Go through the lines below. Copy those with "OfContract".

━━━ SOURCE INFORMATION ━━━

// The uses of keys by a call's entry and by each instruction: the set analysis and a step ask the same functions.
#![tactic(auto)]

ghost use Rattle.std.specs.Prelude.{◌≡◌, [], ◌∷◌};
ghost use Rattle.block.specs.Key.{address_number, contract_balance, key_of};
ghost use Rattle.footprint.specs.Access.{reading, writing, accesses, entry_accesses, pay_accesses};
ghost use Rattle.block.specs.Naming.{cell_key, source_value, target_of};
ghost use Rattle.key_uses.specs.Uses.{no_use, use_of, uses_of};

use block::{Account, Address, Call, Instr, Source};
use decoder::record::{argument, high_of, payee_of};

// A key in two words, and how it is used.
#[derive(Clone, Copy, Default)]
pub struct KeyUse {
    pub high: u64,
    pub low: u64,
    pub reads: bool,
    pub writes: bool,
}

// At most two uses, of which the first `count` stand.
#[derive(Clone, Copy, Default)]
pub struct Uses {
    pub count: usize,
    pub first: KeyUse,
    pub second: KeyUse,
}

// The number that a source gives in a call: 32 bits hold it.
#[tactic(auto, unfolding(block::specs::Naming::source_value))]
fn source_word(c: Call, s: Source) -> u32
    ensures { result ≡ source_value c s }
{
    match s {
        Source::Zero => 0,
        Source::Argument(k) => argument(c, k as usize) as u32,
        Source::Sender => u32::from(c.sender.number()),
        Source::Constant(n) => u32::from(n),
    }
}

// The number that a source gives in a call.
pub fn source_value(c: Call, s: Source) -> u64
    ensures { result ≡ source_value c s }
{
    u64::from(source_word(c, s))
}

// The use of the key with these parts.
#[tactic(auto, using(crate::proofs::AccessLaws::key_words_lem))]
fn key_use(address: Address, field: u16, a: u32, b: u32, reads: bool, writes: bool) -> KeyUse
    ensures { result ≡ use_of (record { key = key_of (address_number address) field a b; reads = reads; writes = writes }) }
{
    KeyUse {
        high: high_of(address, field, a),
        low: b as u64,
        reads,
        writes,
    }
}

// The use of the balance of an address.
fn balance_use(address: Address, reads: bool, writes: bool) -> KeyUse
    ensures { result ≡ use_of (record { key = key_of (address_number address) 0 0 0; reads = reads; writes = writes }) }
{
    key_use(address, 0, 0, 0, reads, writes)
}

// The use of a cell of the called contract.
fn cell_use(c: Call, field: u16, a: Source, b: Source, reads: bool, writes: bool) -> KeyUse
    ensures { result ≡ use_of (record { key = cell_key c field a b; reads = reads; writes = writes }) }
{
    key_use(
        Address::OfContract(c.contract),
        field,
        source_word(c, a),
        source_word(c, b),
        reads,
        writes,
    )
}

// None, one or two uses.
#[tactic(auto, unfolding(crate::specs::Uses::uses_of))]
pub fn no_uses() -> Uses
    ensures { result ≡ uses_of [] }
{
    Uses::default()
}

fn one(u: KeyUse) -> Uses
    ensures { result ≡ record { count = 1; first = u; second = no_use } }
{
    Uses {
        count: 1,
        first: u,
        ..Uses::default()
    }
}

fn two(u: KeyUse, v: KeyUse) -> Uses
    ensures { result ≡ record { count = 2; first = u; second = v } }
{
    Uses {
        count: 2,
        first: u,
        second: v,
    }
}

// "Value above 0: reads sender's balance, writes sender's and contract's."
#[tactic(auto, unfolding(crate::specs::Uses::uses_of, footprint::specs::Access::entry_accesses))]
pub fn entry_uses(c: Call) -> Uses
    ensures { result ≡ uses_of (entry_accesses c) }
{
    if 0 < c.value {
        two(
            balance_use(Address::OfAccount(c.sender), true, true),
            balance_use(Address::OfContract(c.contract), false, true),
        )
    } else {
        no_uses()
    }
}

// "GET reads its key, PUT writes its key, BAL reads the contract's balance": the uses of each.
#[tactic(auto, unfolding(crate::specs::Uses::uses_of))]
pub fn get_uses(c: Call, field: u16, a: Source, b: Source) -> Uses
    ensures { result ≡ uses_of (reading (cell_key c field a b) ∷ []) }
{
    one(cell_use(c, field, a, b, true, false))
}

#[tactic(auto, unfolding(crate::specs::Uses::uses_of))]
pub fn put_uses(c: Call, field: u16, a: Source, b: Source) -> Uses
    ensures { result ≡ uses_of (writing (cell_key c field a b) ∷ []) }
{
    one(cell_use(c, field, a, b, false, true))
}

#[tactic(auto, unfolding(crate::specs::Uses::uses_of))]
pub fn bal_uses(c: Call) -> Uses
    ensures { result ≡ uses_of (reading (contract_balance c.contract) ∷ []) }
{
    one(balance_use(Address::OfContract(c.contract), true, false))
}

// "PAY reads and writes it and writes the target's balance if the target is an account": it is the contract's balance.
#[tactic(auto, unfolding(crate::specs::Uses::uses_of, footprint::specs::Access::pay_accesses))]
fn payee_uses(c: Call, target: Option<Account>) -> Uses
    ensures { result ≡ uses_of (pay_accesses c target) }
{
    let own = balance_use(Address::OfContract(c.contract), true, true);
    match target {
        Some(account) => two(own, balance_use(Address::OfAccount(account), false, true)),
        None => one(own),
    }
}

pub fn pay_uses(c: Call, target: Source) -> Uses
    ensures { result ≡ uses_of (pay_accesses c (target_of c target)) }
{
    payee_uses(c, payee_of(source_value(c, target)))
}

// The uses of an instruction; the others use no key.
#[tactic(auto, using(crate::proofs::AccessLaws::others_none), unfolding(footprint::specs::Access::accesses))]
pub fn instr_uses(c: Call, i: Instr) -> Uses
    ensures { result ≡ uses_of (accesses c i) }
{
    match i {
        Instr::Get { field, a, b, .. } => get_uses(c, field, a, b),
        Instr::Put { field, a, b, .. } => put_uses(c, field, a, b),
        Instr::Bal { .. } => bal_uses(c),
        Instr::Pay { target, .. } => pay_uses(c, target),
        _ => no_uses(),
    }
}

━━━

◆ RESULT OF THE TASK
        Address::OfContract(c.contract),
            balance_use(Address::OfContract(c.contract), false, true),
    one(balance_use(Address::OfContract(c.contract), true, false))
    let own = balance_use(Address::OfContract(c.contract), true, true);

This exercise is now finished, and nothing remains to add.